Proof. Let $M_n(q)$ denote the number in question. Recall that $x^{q^n} - x$ is the product of all the monic irreducible polynomials of degree dividing $n$. By counting degrees, it follows that $$q^n = \sum_{d | n} d M_d(q)$$

(since each polynomial of degree $d$ contributes $d$ to the total degree). By Möbius inversion, the result follows.

As it turns out, $M_n(q)$ has a combinatorial interpretation for all values of $q$: it counts the number of aperiodic necklaces of length $n$ on $q$ letters, where a necklace is a word considered up to cyclic permutation and an aperiodic necklace of length $n$ is a word which is not invariant under a cyclic permutation by $d$ for any $d < n$. More precisely, the cyclic group $\mathbb{Z}/n\mathbb{Z}$ acts by cyclic permutation on the set of functions $[n] \to [q]$, and $M_n(q)$ counts the number of orbits of size $n$ of this group action.

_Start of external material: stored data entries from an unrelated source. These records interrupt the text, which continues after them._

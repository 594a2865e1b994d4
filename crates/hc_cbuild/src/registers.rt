//! Statements on the fractions in a row's registers, and blocks that are passed by once a value didn't fit.

ghost use Rattle.std.specs.Prelude.{◌≡◌};
ghost use Rattle.hc_cbuild.specs.Makes.{Makes};
ghost use Rattle.hc_cbuild.specs.Written as spec;

use crate::expressions::{local_is, number, numbers, signed};
use crate::statements::{if_then, prim, single, take_prim};
use hc_cast::{CExpr, CStmt, Primitive};
use hc_frac::Frac;
use hc_list::List;
use hc_term::Op;
use std::alloc::{AllocError, Global};

/// Register `d` of row `r` becomes a fraction.
pub fn set_register(alloc: Global, r: u32, d: u32, q: Frac) -> Result<CStmt, AllocError>
    ensures { Makes result (spec.set_register r d q) }
{
    let mut arguments = List::new(alloc);
    arguments.push(number(r))?;
    arguments.push(number(d))?;
    arguments.push(signed(alloc, q.num())?)?;
    arguments.push(CExpr::Number(q.den()))?;
    Ok(prim(Primitive::FrSet, arguments))
}

/// Register `d` of row `r` becomes 0.
pub fn clear_register(alloc: Global, r: u32, d: u32) -> Result<CStmt, AllocError>
    ensures { Makes result (spec.clear_register r d) }
{
    let arguments = numbers(alloc, &[r, d, 0, 1])?;
    Ok(prim(Primitive::FrSet, arguments))
}

/// Register `d` of row `r` becomes register `x`.
pub fn move_register(alloc: Global, r: u32, d: u32, x: u32) -> Result<CStmt, AllocError>
    ensures { Makes result (spec.move_register r d x) }
{
    let arguments = numbers(alloc, &[r, d, r, x])?;
    Ok(prim(Primitive::FrMove, arguments))
}

/// The primitive of a sign of the source.
pub fn primitive_of(op: Op) -> Primitive
    ensures { result ≡ spec.primitive_of op }
{
    match op {
        Op::Add => Primitive::FrAdd,
        Op::Sub => Primitive::FrSub,
        Op::Mul => Primitive::FrMul,
        Op::Div => Primitive::FrDiv,
    }
}

/// A block that is done as long as all values fit.
pub fn guarded_block(alloc: Global, block: List<CStmt>) -> Result<CStmt, AllocError>
    ensures { Makes result (spec.guarded_block block) }
{
    let test = local_is(alloc, b"v_ok", 1)?;
    Ok(if_then(test, block))
}

/// `if (v_ok == 1) { v_ok = p(r, d, x, y); }`
pub fn guarded(
    alloc: Global,
    p: Primitive,
    r: u32,
    d: u32,
    x: u32,
    y: u32,
) -> Result<CStmt, AllocError>
    ensures { Makes result (spec.guarded p r d x y) }
{
    let arguments = numbers(alloc, &[r, d, x, y])?;
    let block = single(alloc, take_prim(b"v_ok", p, arguments))?;
    guarded_block(alloc, block)
}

This result also follows from Möbius inversion.

One might therefore ask for an explicit bijection between aperiodic necklaces of length $n$ on $q$ letters and monic irreducible polynomials of degree $n$ over $\mathbb{F}_q$ when $q$ is a prime power, or at least I did a few years ago and it turns out to be quite elegant.

Let me also mention that the above closed form immediately leads to the "function field prime number theorem." Let the absolute value of a polynomial of degree $d$ over $\mathbb{F}_q$ be $q^d$. (You can think of this as the size of the quotient $\mathbb{F}_q[x]/f(x)$, so in that sense it is analogous to the norm of an element of the ring of integers of a number field.) Then the above formula shows that the number of monic irreducible polynomials $\pi(n)$ of absolute value less than or equal to $n$ satisfies $$\pi(n) \sim \frac{n}{\log_q n}.$$


With regards to your question, this paper has a formula for counting the number of monic irreducibles over a finite field.


The number of monic irreducible polynomials of degree $n$ over $\mathbb{F}_p$ equals

$$\frac{1}{n} \cdot \sum_{d|n} p^d \mu\left(\frac{n}{d}\right)$$

where $\mu$ is the Möbius function. This follows rather easily from the Möbius inversion formula. You can find details here. Note that this in particular implies the existence of one irreducible polynomial and therefore of the field with $p^n$ elements.